The new tax law now provides for a flat 21% tax rate for corporations (the new tax rates for individuals are here). You can imagine how that could have been problematic without more changes: If companies were taxed at a lower rate than individuals, the pass-through scheme doesn’t work. But creating a new tax rate for the entities would take away the pass-through nature of the entity. Congress’ solution? Business income that passes through to an individual from a pass-through entity and income attributable to a sole proprietorship will be taxed at individual tax rates less a deduction of up to 20% to bring the rate lower.
It sounds easy but it quickly can become tricky since the deduction is subject to limits and restrictions. To understand those, you need some definitions:
- Qualified business income (QBI). QBI is generally net income from your business without regard for any amount paid by an S corporation that is treated as reasonable compensation, any guaranteed payment for services in business, or any amount paid or incurred to a partner for services outside his or her capacity as a partner. You’ll use the “normal” rules when figuring QBI, so capitalize and amortize expenditures accordingly. One last note: QBI is determined on a per business, not a per taxpayer, basis.
- Qualified property. Qualified property is tangible property (typically, things you can touch) subject to depreciation and available for use in your business at the end of the tax year. You must use the property to produce qualified business income (as defined above).
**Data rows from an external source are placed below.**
ghost use Rattle.std.specs.Prelude.{◌≡◌, None, Some, MatchResult};
ghost use Rattle.apdu_codec.specs.Command.{apdu_of};
ghost use Rattle.lsi_refresh.specs.Fetch.{fetch_refusal, fetch_row};
ghost use Rattle.lsi_refresh.specs.RefreshCommand.{refresh_command};
ghost use Rattle.uicc_channels.specs.CommandOutcome.{outcome_of};
ghost use Rattle.uicc_channels.specs.CommandRow.{Follows, decided};

use crate::form::require_form;
use apdu_codec::{Command, Sw};
use uicc_channels::{Decided, Refresh, Session, conclude, has_le_alone, require, require_le};

/// The proactive command REFRESH that a card gives (ETSI TS 102 223): a reset of the UICC, from the
/// UICC to the terminal.
pub const REFRESH_COMMAND: [u8; 11] = [
    0xD0, 0x09, 0x81, 0x03, 0x01, 0x01, 0x04, 0x82, 0x02, 0x81, 0x82,
];

/// FETCH (ETSI TS 102 221): the proactive command REFRESH, where one was announced.
///
/// A channel that isn't open is `6881`, another class than the UICC's own `6E00`, P1 or P2 other
/// than 00 `6A86`, a body or no Le `6700`, no REFRESH that waits to be fetched `6985`, an Le other
/// than 00, read as 256, and 11 `6C0B`. Else the command is given with `9000`, and the REFRESH is
/// fetched. Nothing else changes. It takes no memory.
pub fn fetch(session: &Session, command: &Command, into: &mut Decided)
    ensures { outcome_of session.now into.new
        ≡ decided session.now (fetch_row session.now (apdu_of command.now)) }
{
    let outcome = try_fetch(session, command, into);
    conclude(into, outcome);
}

// Refuses a FETCH where no REFRESH waits, or whose Le isn't that of the command.
fn require_waiting(refresh: Refresh, le: Option<u16>) -> Result<(), Sw>
    ensures { MatchResult result (λ _. fetch_refusal refresh le ≡ None)
        (λ sw. fetch_refusal refresh le ≡ Some sw) }
{
    require(refresh == Refresh::Announced, Sw::CONDITIONS_NOT_SATISFIED)?;
    require_le(le, &REFRESH_COMMAND)
}

fn try_fetch(session: &Session, command: &Command, into: &mut Decided) -> Result<(), Sw>
    ensures { Follows session.now (fetch_row session.now (apdu_of command.now)) into.new result }
{
    require_form(session, command, has_le_alone(command))?;
    require_waiting(session.refresh, command.le)?;
    into.set_status(Sw::OK);
    into.answer.set(&REFRESH_COMMAND, Sw::OK);
    into.session.refresh = Some(Refresh::Fetched);
    Ok(())
}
- Specified service trade or business. A specified service trade or business is any business involving the performance of services in the fields of health, law, consulting, athletics, financial services, brokerage services, or “any trade or business where the principal asset of such trade or business is the reputation or skill of one or more of its employees or owners.” I like to think of it this way: if the success of your business depends on you and not on something that you sell, you’re pretty much included (except for engineering and architecture services, which were specifically excluded). The definition also includes a business where the performance of services consists of investing and investment management trading, or dealing in securities, partnership interests, or commodities.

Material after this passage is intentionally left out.